心臓が高鳴り、恐る恐る振り返るが、何もない。ただの暗がりだ。気のせいかと再び鏡を見つめると、そこには恐ろしい事実が映し出されていた。和也の「背後」には確かに何かがいた。ぼんやりとした人影のようなものが、和也をじっと見つめている。それは、夢の中で見た「自分」の顔をしていた。
動けない和也の耳元で、再びあの囁きが聞こえた。
「逃げられない…」
その瞬間、鏡に映った「自分」の顔が笑みを浮かべたまま急にこちらへ突き出し、和也は思わず鏡を叩き割った。ガラスが粉々に砕け散り、和也は恐怖に駆られてその場を飛び出した。
翌朝、彼は割れた鏡の前に立ち尽くしていた。床には散らばった破片が、昨夜の出来事がただの幻ではないことを物語っている。しかし、安心したのも束の間、彼は気づいてしまった。鏡の破片に映る自分の姿は、すべて異なる方向を向き、そして、全てが不気味に笑っていた。

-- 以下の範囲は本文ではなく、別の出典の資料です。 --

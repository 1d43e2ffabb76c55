//! What `==` and the order of functions and predicates tell a caller.
ghost use Rattle.std.specs.Prelude.{◌≡◌, ◌↔◌, IsTrue};
ghost use Rattle.cfgx_parser.specs.Order.{func_cmp};
ghost use Rattle.cfg_expr.specs.Predicate.{question_of, target_of};

use cfg_expr::expr::Func;
use cfg_expr::{Predicate, TargetPredicate};
use std::cmp::Ordering;

/// Returns whether two functions have the same name and the same number of members.
pub fn is_same_function(one: &Func, other: &Func) -> bool
    ensures { IsTrue result ↔ (one.now ≡ other.now) }
{
    *one == *other
}

/// Returns the order of two functions: by name, and then by the number of members.
pub fn order_of_functions(one: &Func, other: &Func) -> Ordering
    ensures { result ≡ func_cmp one.now other.now }
{
    one.cmp(other)
}

/// Returns whether two predicates ask the same question of a target.
pub fn asks_same_of_targets(one: &TargetPredicate<'_>, other: &TargetPredicate<'_>) -> bool
    ensures { IsTrue result ↔ (target_of one.now ≡ target_of other.now) }
{
    *one == *other
}

/// Returns whether two predicates ask the same question.
pub fn asks_same(one: &Predicate<'_>, other: &Predicate<'_>) -> bool
    ensures { IsTrue result ↔ (question_of one.now ≡ question_of other.now) }
{
    *one == *other
}
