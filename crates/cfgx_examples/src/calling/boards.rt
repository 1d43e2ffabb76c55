//! The verdicts of boards on sections.
use super::matcher::Board;
use super::value_prints;
use cfg_expr::Expression;
use cfg_expr::error::Failure;
use cfg_expr::expr::TargetMatcher;
use cfgx_engine::resolve::{Section, Verdict, pick};
use std::alloc::Global;

/// A board of 16 bits without an operating system.
pub const BARE: Board<'static> = Board {
    os: "none",
    pointer_width: 16,
};

/// A board with Linux, of 64 bits.
pub const LINUX: Board<'static> = Board {
    os: "linux",
    pointer_width: 64,
};

// Returns the verdict of `target` on each dependency, which is a name and a condition.
fn verdicts_on<M: TargetMatcher>(
    alloc: Global,
    dependencies: &[(&str, &str)],
    target: &M,
) -> Result<Vec<Verdict>, Failure> {
    let mut sections = Vec::new(alloc);
    for (name, condition) in dependencies {
        sections.push(section_of(alloc, name, condition)?)?;
    }
    Ok(pick(alloc, sections.as_slice(), target)?)
}

fn section_of(alloc: Global, name: &str, condition: &str) -> Result<Section, Failure> {
    let name = String::from_str(alloc, name)?;
    let condition = Expression::parse(alloc, condition)?;
    Ok(Section { name, condition })
}

// Returns whether the verdicts of `board` on `manifest` print `verdicts`.
fn verdicts_are<M: TargetMatcher>(
    alloc: Global,
    board: &M,
    manifest: &[(&str, &str)],
    verdicts: &str,
) -> bool {
    value_prints(alloc, verdicts_on(alloc, manifest, board), verdicts)
}

/// Returns whether the verdicts of `BARE` and of `LINUX` on a section with `condition` print
/// `verdicts`, which a space separates.
pub fn verdicts_of_both_are(alloc: Global, condition: &str, verdicts: &str) -> bool {
    let manifest = [("", condition)];
    match verdicts.split_once(' ') {
        Some((one, other)) => {
            verdicts_are(alloc, &BARE, &manifest, one)
                && verdicts_are(alloc, &LINUX, &manifest, other)
        }
        None => false,
    }
}

const MANIFEST: &[(&str, &str)] = &[
    ("timers", "target_pointer_width = \"16\""),
    ("files", "not(target_os = \"none\")"),
    ("logging", "feature = \"log\""),
    (
        "threads",
        "all(target_os = \"linux\", feature = \"threads\")",
    ),
];

fn is_fault<T: Drop>(outcome: Result<T, Failure>) -> bool {
    matches!(&outcome, Err(Failure::Parse(_)))
}

#[test]
fn sections_are_picked_and_faults_refused(rt: HostRuntime) {
    let alloc = rt.alloc();
    assert!(rt; verdicts_are(alloc, &BARE, MANIFEST, "[Yes, No, Unknown, No]"));
    assert!(rt; is_fault(verdicts_on(alloc, &[("a", "b)")], &BARE)));
}
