//! Many conditions, read one after another.
use cfg_expr::Predicate;
use cfg_expr::error::Failure;
use cfg_expr::expr::{ConditionReader, TargetMatcher};
use std::alloc::Global;

/// Returns the conditions that `target` decides, if nothing else is known.
pub fn decided_on<'a, M: TargetMatcher>(
    alloc: Global,
    texts: &[&'a str],
    target: &M,
) -> Result<Vec<&'a str>, Failure> {
    let mut reader = ConditionReader::new(alloc);
    let mut decided = Vec::new(alloc);
    for text in texts {
        let condition = reader.read(text)?;
        let mut answer = |asked: &Predicate<'_>| match asked {
            Predicate::Target(asked) => Some(asked.matches(target)),
            _ => None,
        };
        let value: Option<bool> = condition.eval(alloc, &mut answer)?;
        if value.is_some() {
            decided.push(*text)?;
        }
    }
    Ok(decided)
}
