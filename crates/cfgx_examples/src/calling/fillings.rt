//! The decision over answers, with the fillings that show why a value is unknown.
use cfg_expr::{Decision, Expression};
use std::alloc::{AllocError, Global};

/// Returns the decision over `answers`, or `None` unless there is one answer for each predicate.
pub fn decision_over(
    alloc: Global,
    condition: &Expression,
    answers: &[Option<bool>],
) -> Result<Option<Decision>, AllocError> {
    if condition.predicates().left() != answers.len() {
        return Ok(None);
    }
    Ok(Some(condition.decide(alloc, answers)?))
}
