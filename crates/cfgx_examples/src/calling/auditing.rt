//! Conditions on targets that are known by their facts.
use cfg_expr::error::Failure;
use cfgx_engine::resolve::{AuditError, Facts, Otherwise, audit_facts};
use std::alloc::Global;

/// Returns the conditions that are true on one of the targets, if what no fact names is false.
pub fn true_somewhere<'a>(
    alloc: Global,
    conditions: &[&'a str],
    targets: &[Facts],
) -> Result<Vec<&'a str>, Failure> {
    let values = match audit_facts(alloc, conditions, targets, Otherwise::False) {
        Ok(values) => values,
        Err(AuditError { failure, .. }) => return Err(failure),
    };
    let mut found = Vec::new(alloc);
    for (condition, row) in conditions.iter().zip(values.chunks(targets.len().max(1))) {
        if row.contains(&Some(true)) {
            found.push(*condition)?;
        }
    }
    Ok(found)
}
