//! Streams of one's own.
ghost use Rattle.std.specs.Prelude.{Some};

use cfgx_engine::engine::{Sink, Source};
use std::io;
use std::io::ErrorKind;

/// A source of bytes in memory. Its reads never fail.
#[derive(Drop)]
pub struct Left<'a> {
    /// The bytes that were not read yet
    pub left: &'a [u8],
}

impl Source for Left<'_> {
    ghost failures = { λ _. 0 };

    ghost unread = { λ source. Some source.left.now };

    fn read(&mut self, buffer: &mut [u8]) -> io::Result<usize> {
        let count = buffer.len().min(self.left.len());
        let (taken, rest) = self.left.split_at(count);
        buffer[..count].copy_from_slice(taken);
        self.left = rest;
        Ok(count)
    }
}

/// A sink that keeps what was written in memory.
#[derive(Drop)]
pub struct Kept {
    /// The bytes
    pub bytes: Vec<u8>,
    /// The number of failed calls
    pub failures: u64,
}

impl Sink for Kept {
    ghost failures = { λ sink. sink.failures };

    ghost written = { λ sink. Some sink.bytes.items };

    fn write(&mut self, bytes: &[u8]) -> io::Result<usize> {
        if self.bytes.extend_from_slice(bytes).is_err() {
            self.failures += 1;
            return Err(io::Error::from(ErrorKind::OutOfMemory));
        }
        Ok(bytes.len())
    }

    fn flush(&mut self) -> io::Result<()> {
        Ok(())
    }
}
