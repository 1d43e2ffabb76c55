//! A logic of one's own.
use cfg_expr::expr::Logic;

/// The cost of a condition: `all` costs as much as its dearest member, and `any` as its cheapest.
#[derive(Clone, Copy)]
pub struct Cost(pub u64);

impl Logic for Cost {
    ghost use Rattle.std.proofs.Common.{lit≤};
    ghost use Rattle.std.specs.Prelude.{◌-◌, ◌^◌, max, min};

    ghost top = { record { 0 = 0 } };

    ghost bottom = { record { 0 = 2 ^ 64 - 1 } };

    ghost and = { λ one other. record { 0 = max one.0 other.0 } };

    ghost or = { λ one other. record { 0 = min one.0 other.0 } };

    ghost not = { λ one. one };

    // The size is at most 2^32 bytes. This line is the same for every type.
    ghost small = { (lit≤ tt, lit≤ tt) };

    fn top() -> Cost {
        Cost(0)
    }

    fn bottom() -> Cost {
        Cost(u64::MAX)
    }

    fn and(self, other: Cost) -> Cost {
        Cost(self.0.max(other.0))
    }

    fn or(self, other: Cost) -> Cost {
        Cost(self.0.min(other.0))
    }

    fn not(self) -> Cost {
        self
    }
}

その日から、和也の生活は徐々に崩壊していった。鏡の前に立つたびに、自分とは違う動きをする映像が映る。ある日には、映った自分が勝手に口を開き、彼の恐怖をあざ笑うかのように「次は、もう逃げられないよ」と呟いた。
和也は鏡を避けるようになり、家中の全ての鏡を隠したが、夜になるとどこからともなくあの囁き声が聞こえてくる。「待ってるよ…」その声は徐々に彼の精神を追い詰め、日常生活すらまともに送れなくなっていった。
最後に和也が姿を消したのは、ある雨の夜だった。家の中には彼の姿はなく、ただ一枚の割れた鏡の破片が床に残されていた。そして、その鏡に映っていたのは、例の不気味な笑顔を浮かべた和也の姿だった。
鏡に映る自分が、果たして本当に「自分」なのか、次に確認するとき、あなたもその恐怖に囚われるかもしれません。